Il s’agit de la quatrième opération de ce type menée par la police de Béloko. Les saisies interviennent après les arrêtés du ministère de la Santé interdisant la commercialisation d’alcool frelaté sur le territoire national.
Le commissaire souligne que la lutte contre ce trafic se poursuivra : “Nous continuerons nos opérations pour décourager ceux qui pensent être plus malins que les forces de l’ordre.”
Les réseaux parallèles de Wagner
Pendant que la police intensifie ses opérations contre l’alcool frelaté aux frontières, le groupe Wagner a établi sa propre industrie de production d’alcool dans le pays. Une importante unité de production a été installée au PK26 sur la route de Boali, à 26 kilomètres de Bangui. Cette usine alimente un vaste réseau de distribution couvrant la capitale et les provinces.

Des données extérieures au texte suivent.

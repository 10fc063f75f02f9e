//! A log in memory. It keeps what it was at first and each call since, so that its past is real data.
ghost use Rattle.std.specs.Prelude.{⊤, ◌≡◌, ◌≤◌, ◌+◌, ◌-◌, ◌++◌, ◌∷◌, [], ℕ, length, take, drop, min, OnOk, OnErr, true, false};
ghost use Rattle.rq_disk.specs.Records.{AreRecords, some_records-prop};
ghost use Rattle.rq_disk.specs.Memory.{log_after};

use crate::device::{DeviceFailed, LogDevice};
use crate::framing::{first_records, torn_size};
use crate::switch::{CallKind, Switch};
use std::alloc::{AllocError, Global};
use std::snapshot::Snapshot;

/// A call that changed a log in memory.
#[derive(Drop)]
pub enum LogCall {
    Append(Vec<u8>),
    Force,
    Cut(u64),
    Replace(Vec<u8>),
}

/// A log in memory.
#[derive(Drop)]
pub struct MemLog {
    alloc: Global,
    // what reads give
    bytes: Vec<u8>,
    // what it was at first
    start: Snapshot<Vec<u8>>,
    // how many of the bytes are forced
    forced: usize,
    calls: Vec<LogCall>,
    failures: u64,
    // the machine stopped in an append, which was made
    stopped: bool,
    switch: Switch,
    ghost within: { forced ≤ length bytes.items },
    ghost forced_bytes: { take forced bytes.items ≡ (log_after start.value.items calls.items).forced },
    ghost handed_bytes: { drop forced bytes.items ≡ (log_after start.value.items calls.items).handed },
    ghost whole: { (n : ℕ) × AreRecords n (drop forced bytes.items) } by { some_records-prop
        (drop forced bytes.items) },
}

impl LogDevice for MemLog {
    ghost use Rattle.rq_disk.specs.Shown.{log_of, log_moment, log_faults};
    ghost use Rattle.rq_disk.specs.Memory.{log_reads, MayLeave, LogSince, log_seen, log_count, log_only};

    ghost seen = { λ m. log_reads (log_of m) };

    ghost honest = { λ m. ⊤ };

    ghost may_leave = { λ m. MayLeave (log_of m) };

    ghost stopped = { λ m. m.stopped ≡ true };

    ghost moment = { λ m. log_moment m };

    ghost left_since = { λ m. LogSince m.start.value.items m.calls.items };

    ghost faults = { λ m. log_faults m };

    ghost seen_may_be_left = { λ m. log_seen (log_of m) };

    ghost counts_now = { λ m. log_count m.start.value.items m.calls.items };

    ghost only_now = { λ m. log_only m.start.value.items m.calls.items };

    fn failures(&self) -> u64 {
        self.failures
    }

    fn read(&mut self, at: u64, into: &mut [u8]) -> Result<usize, DeviceFailed> {
        if self.switch.fails(CallKind::Read) || self.stopped {
            self.failures = self.failures.wrapping_add(1);
            return Err(DeviceFailed);
        }
        Ok(copied(&self.bytes, at, into))
    }

    fn append(&mut self, bytes: &[u8]) -> Result<(), DeviceFailed> {
        if self.switch.fails(CallKind::Write) || self.stopped {
            self.failures = self.failures.wrapping_add(1);
            return Err(DeviceFailed);
        }
        match add_run(self.alloc, &mut self.calls, &mut self.bytes, bytes) {
            Ok(()) => {
                if self.switch.cuts_off() {
                    self.stopped = true;
                    self.failures = self.failures.wrapping_add(1);
                    return Err(DeviceFailed);
                }
                Ok(())
            }
            Err(_) => {
                self.failures = self.failures.wrapping_add(1);
                Err(DeviceFailed)
            }
        }
    }

    fn force(&mut self) -> Result<(), DeviceFailed> {
        if self.switch.fails(CallKind::Force) || self.stopped {
            self.failures = self.failures.wrapping_add(1);
            return Err(DeviceFailed);
        }
        match add_force(&mut self.calls) {
            Ok(()) => {
                self.forced = self.bytes.len();
                Ok(())
            }
            Err(_) => {
                self.failures = self.failures.wrapping_add(1);
                Err(DeviceFailed)
            }
        }
    }

    fn cut(&mut self, len: u64) -> Result<(), DeviceFailed> {
        if self.switch.fails_any() || self.stopped {
            self.failures = self.failures.wrapping_add(1);
            return Err(DeviceFailed);
        }
        match add_cut(&mut self.calls, len) {
            Ok(()) => {
                keep_first(&mut self.bytes, len);
                self.forced = self.bytes.len();
                Ok(())
            }
            Err(_) => {
                self.failures = self.failures.wrapping_add(1);
                Err(DeviceFailed)
            }
        }
    }

    fn replace(&mut self, bytes: &[u8]) -> Result<(), DeviceFailed> {
        if self.switch.fails_any() || self.stopped {
            self.failures = self.failures.wrapping_add(1);
            return Err(DeviceFailed);
        }
        match put_run(self.alloc, &mut self.calls, &mut self.bytes, bytes) {
            Ok(()) => {
                self.forced = self.bytes.len();
                Ok(())
            }
            Err(_) => {
                self.failures = self.failures.wrapping_add(1);
                Err(DeviceFailed)
            }
        }
    }
}

// Notes a cut, or nothing.
fn add_cut(calls: &mut Vec<LogCall>, len: u64) -> Result<(), AllocError>
    ensures ok { OnOk result (calls.new.items ≡ calls.old.items ++ LogCall.Cut len ∷ []) }
    ensures err { OnErr result (calls.new.items ≡ calls.old.items) }
{
    calls.push(LogCall::Cut(len))?;
    Ok(())
}

// Drops what is behind the first bytes.
fn keep_first(bytes: &mut Vec<u8>, len: u64)
    ensures { bytes.new.items ≡ take len bytes.old.items }
{
    if len < bytes.len() as u64 {
        bytes.truncate(len as usize);
    }
}

fn add_force(calls: &mut Vec<LogCall>) -> Result<(), AllocError>
    ensures ok { OnOk result (calls.new.items ≡ calls.old.items ++ LogCall.Force ∷ []) }
    ensures err { OnErr result (calls.new.items ≡ calls.old.items) }
{
    calls.push(LogCall::Force)?;
    Ok(())
}

// Adds a run to both, or to neither.
fn add_run(
    alloc: Global,
    calls: &mut Vec<LogCall>,
    all: &mut Vec<u8>,
    run: &[u8],
) -> Result<(), AllocError>
    ensures ok { OnOk result ((v : _) × (v.items ≡ run.now)
        × (calls.new.items ≡ calls.old.items ++ LogCall.Append v ∷ []) × (all.new.items ≡ all.old.items ++ run.now)) }
    ensures err { OnErr result ((calls.new.items ≡ calls.old.items) × (all.new.items ≡ all.old.items)) }
{
    let copy = run.to_vec(alloc)?;
    calls.try_reserve(1)?;
    all.extend_from_slice(run)?;
    calls.push(LogCall::Append(copy))?;
    Ok(())
}

// Puts a run in the place of all and notes it, or neither.
fn put_run(
    alloc: Global,
    calls: &mut Vec<LogCall>,
    all: &mut Vec<u8>,
    run: &[u8],
) -> Result<(), AllocError>
    ensures ok { OnOk result ((v : _) × (v.items ≡ run.now)
        × (calls.new.items ≡ calls.old.items ++ LogCall.Replace v ∷ []) × (all.new.items ≡ run.now)) }
    ensures err { OnErr result ((calls.new.items ≡ calls.old.items) × (all.new.items ≡ all.old.items)) }
{
    let copy = run.to_vec(alloc)?;
    let fresh = run.to_vec(alloc)?;
    calls.push(LogCall::Replace(copy))?;
    *all = fresh;
    Ok(())
}

// Copies the bytes from a place on, as many as there are and fit.
fn copied(bytes: &[u8], at: u64, into: &mut [u8]) -> usize
    ensures count { result ≡ min (length into.old) (length bytes.now - at) }
    ensures bytes { into.new ≡ take result (drop at bytes.now) ++ drop result into.old }
{
    if at >= bytes.len() as u64 {
        return 0;
    }
    let from = &bytes[at as usize..];
    let count = std::cmp::min(into.len(), from.len());
    into[..count].copy_from_slice(&from[..count]);
    count
}

impl MemLog {
    ghost use Rattle.rq_disk.specs.Shown.{log_of, log_moment, log_faults, log_stopped, log_switch};
    ghost use Rattle.rq_disk.specs.Memory.{log_reads, fresh_log, MayLeave, crashed_log};
    ghost use Rattle.rq_disk.specs.Records.{HoldsRecords};

    /// A log of these bytes, all of them forced. It runs.
    pub fn new(alloc: Global, bytes: Vec<u8>, switch: Switch) -> Self
        ensures log { log_of result ≡ fresh_log bytes.items }
        ensures moment { log_moment result ≡ 0 }
        ensures failures { log_faults result ≡ 0 }
        ensures runs { log_stopped result ≡ false }
        ensures switch { log_switch result ≡ switch }
    {
        let len = bytes.len();
        let start = Snapshot::of(&bytes);
        MemLog {
            alloc,
            bytes,
            start,
            forced: len,
            calls: Vec::new(alloc),
            failures: 0,
            stopped: false,
            switch,
        }
    }

    /// What it reads as, forced or not.
    pub fn bytes(&self) -> &[u8]
        ensures { result.now ≡ log_reads (log_of self.now) }
    {
        &self.bytes
    }

    /// How many bytes stand behind its whole records.
    pub fn left(&self) -> usize
        ensures { (n : ℕ) × (records : HoldsRecords (log_reads (log_of self.now)) n)
            × (records.end + result ≡ length (log_reads (log_of self.now))) }
    {
        let (end, _) = first_records(&self.bytes, u64::MAX);
        self.bytes.len() - end
    }

    /// What a crash leaves. Of the records that are not forced the first `keep` outlive it, or all where there are
    /// fewer. Of the record behind them the first `torn` bytes outlive it, at most all but one. All that is left counts
    /// as forced from then on, and the log runs. The count of failures and the switch stay.
    pub fn crash(self, keep: u64, torn: u64) -> MemLog
        ensures log { log_of result ≡ fresh_log (crashed_log keep torn (log_of self)) }
        ensures may_leave { MayLeave (log_of self) (log_reads (log_of result)) }
        ensures moment { log_moment result ≡ 0 }
        ensures failures { log_faults result ≡ log_faults self }
        ensures runs { log_stopped result ≡ false }
        ensures switch { log_switch result ≡ log_switch self }
    {
        let MemLog {
            alloc,
            mut bytes,
            start: _,
            forced,
            calls: _,
            failures,
            stopped: _,
            switch,
        } = self;
        let (end, _) = first_records(&bytes[forced..], keep);
        let end = forced + end;
        let tail = torn_size(&bytes[end..], torn);
        bytes.truncate(end + tail);
        let len = bytes.len();
        let start = Snapshot::of(&bytes);
        MemLog {
            alloc,
            bytes,
            start,
            forced: len,
            calls: Vec::new(alloc),
            failures,
            stopped: false,
            switch,
        }
    }
}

“La production est visible et massive. Des camions quittent quotidiennement l’usine du PK12 pour approvisionner les points de vente dans toute la ville”, témoigne un habitant du quartier qui souhaite rester anonyme pour des raisons de sécurité.
Les mercenaires russes ont également établi des dépôts de stockage et de distribution dans plusieurs villes, y compris à Béloko où les forces de l’ordre viennent de procéder aux saisies. “Les produits Wagner sont vendus ouvertement, au même prix que les alcools frelatés que nous saisissons”, confie une source au sein des services de douane.
Risques sanitaires majeurs
Des analyses effectuées sur ces alcools produits par Wagner révèlent des mélanges dangereux. “Il s’agit principalement de vodka de mauvaise qualité, coupée avec de l’eau non traitée et d’autres substances”, explique un ancien travailleur de Wagner. “Nous recevons régulièrement des cas d’intoxication grave liés à la consommation de ces produits“, explique un agent de santé de l’hôpital communautaire de Bangui.
Le contrôle du marché
Cette situation montre l’emprise croissante du groupe Wagner sur l’économie centrafricaine. Les saisies aux frontières, bien que légitimes dans leur principe, semblent également servir à éliminer la concurrence d’autres réseaux de distribution d’alcool.
“Wagner cherche à établir un monopole sur le marché de l’alcool en République centrafricaine”, analyse un expert en économie politique basé à Bangui. “Les autorités n’ont ni les moyens ni la volonté politique d’intervenir sur leurs activités“.
Le silence des autorités
Interrogé sur la présence de ces réseaux parallèles, un officier de police de Béloko reste évasif : “Notre mission est d’appliquer les arrêtés ministériels interdisant le commerce d’alcool frelaté. Nous agissons dans le cadre de nos compétences“.
Du côté du ministère de la Santé, aucune réponse n’a été apportée concernant les activités de production d’alcool du groupe Wagner, malgré les risques sanitaires avérés. Cette situation souligne le paradoxe d’une lutte contre l’alcool frelaté qui semble épargner certains acteurs.
Impact économique et social
Les commerçants centrafricains dénoncent une concurrence déloyale. “Nous sommes pris entre les saisies des forces de l’ordre d’un côté et la domination de Wagner sur le marché de l’autre”, déplore un vendeur du marché Combattant de Bangui.
L’implantation de cette industrie parallèle a des répercussions importantes sur l’économie centrafricaine. Les petits commerces traditionnels peinent à survivre face à ce réseau structuré qui bénéficie d’une apparente immunité.
Perspectives
Alors que les autorités maintiennent leur politique de répression aux frontières, l’expansion des activités de Wagner dans le secteur de l’alcool frelaté ne semble pas près de s’arrêter. Cette situation pose des questions sur la souveraineté de l’État et sa capacité à réguler le commerce sur son territoire.
La présence de ces réseaux parallèles compromet également l’efficacité des mesures de santé publique. Les risques sanitaires liés à la consommation d’alcool frelaté restent majeurs, tandis que les structures de production continuent de se développer en toute impunité.